*PROBLEM*:
From the records, return each line that has the word "code" in it.

== RECORDS SUPPLIED

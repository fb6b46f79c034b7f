// One event on a lawful position. Nothing is tested here that the lawful position gives.
// The contracts cite rules' Step, and specs/Core; `keep` gives that every step leaves what the next one asks.
#![tactic(auto)]

ghost use Rattle.std.specs.Prelude.{◌≡◌, ◌<◌};
ghost use Rattle.rules.specs.States.{with_events};
ghost use Rattle.rules.specs.Refusals.{refusal_number};
ghost use Rattle.rules.specs.Clicks.{desk};
ghost use Rattle.rules.specs.Step.{by_game, step_at};
ghost use Rattle.cells.specs.Promises.{Plays};
ghost use Rattle.keep.specs.Kept.{Inside, InsideOf, LawfulAt};
ghost use Rattle.game.specs.Core.{Blank, play_event};

use rules::{Event, GameState, Played, Pointer, Position, Refusal};

// A plain event in the game state of the position; Win and Loss answer 0 to all.
fn by_game(
    p: Position,
    e: Event,
    mines: &[i8],
    shown: &mut [u8],
    bits: &mut [u8],
    work: &mut [u16],
) -> Played
    requires lawful_at { LawfulAt mines.now (desk p shown.old bits.old) }
    requires blank { Blank p.settings work.old }
    requires inside_of { InsideOf p.settings e }
    ensures { Plays (by_game p.game mines.now e) p shown.old bits.old work.old result shown.new bits.new work.new }
{
    match p.game {
        GameState::Ready => ready::ready(p, e, mines, &mut *shown, &mut *bits, &mut *work),
        GameState::PreFlaging => preflaging::pre_flaging(
            p,
            e,
            mines,
            &mut *shown,
            &mut *bits,
            &mut *work,
        ),
        GameState::Playing => playing::playing(p, e, mines, &mut *shown, &mut *bits, &mut *work),
        GameState::Win | GameState::Loss => buttons::answered(p),
    }
}

// What was played is counted as the n-th event.
pub fn counted(o: Played, n: u32) -> Played
    ensures { result ≡ record { answer = o.answer; position = with_events o.position n } }
{
    let position = o.position.with_events(n);
    Played { position, ..o }
}

// Nothing is played, and why.
pub fn refused(refusal: Refusal, position: Position) -> Played
    ensures { result ≡ record { answer = refusal_number refusal; position = position } }
{
    Played {
        answer: u16::from(refusal),
        position,
    }
}

// A plain event that nothing refuses is played by the game state, and counted.
pub fn play_event(
    p: Position,
    e: Event,
    mines: &[i8],
    shown: &mut [u8],
    bits: &mut [u8],
    work: &mut [u16],
) -> Played
    requires lawful_at { LawfulAt mines.now (desk p shown.old bits.old) }
    requires blank { Blank p.settings work.old }
    requires inside_of { InsideOf p.settings e }
    ensures { Plays (play_event mines.now e) p shown.old bits.old work.old result shown.new bits.new work.new }
{
    let n = p.events + 1;
    let o = by_game(p, e, mines, &mut *shown, &mut *bits, &mut *work);
    counted(o, n)
}

// An event whose pointer is good and that there is room to count, with the work lent as zeros: 32, 33, or the event.
pub fn step_at(
    p: Position,
    code: u8,
    x: Pointer,
    mines: &[i8],
    shown: &mut [u8],
    bits: &mut [u8],
    work: &mut [u16],
) -> Played
    requires lawful_at { LawfulAt mines.now (desk p shown.old bits.old) }
    requires blank { Blank p.settings work.old }
    requires inside { Inside p.settings x }
    requires events_bound { p.events < 65535 }
    ensures { Plays (step_at mines.now code x) p shown.old bits.old work.old result shown.new bits.new work.new }
{
    let h = mouse::resolve_at(p, code, x);
    let e = h.event;
    if let Err(refusal) = faults::event_refusal(p, &*shown, e) {
        return refused(refusal, p);
    }
    let q = p.with_middle(h.middle);
    play_event(q, e, mines, &mut *shown, &mut *bits, &mut *work)
}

====

*ANSWER TO THIS TASK*:
    code: u8,
    ensures { Plays (step_at mines.now code x) p shown.old bits.old work.old result shown.new bits.new work.new }
    let h = mouse::resolve_at(p, code, x);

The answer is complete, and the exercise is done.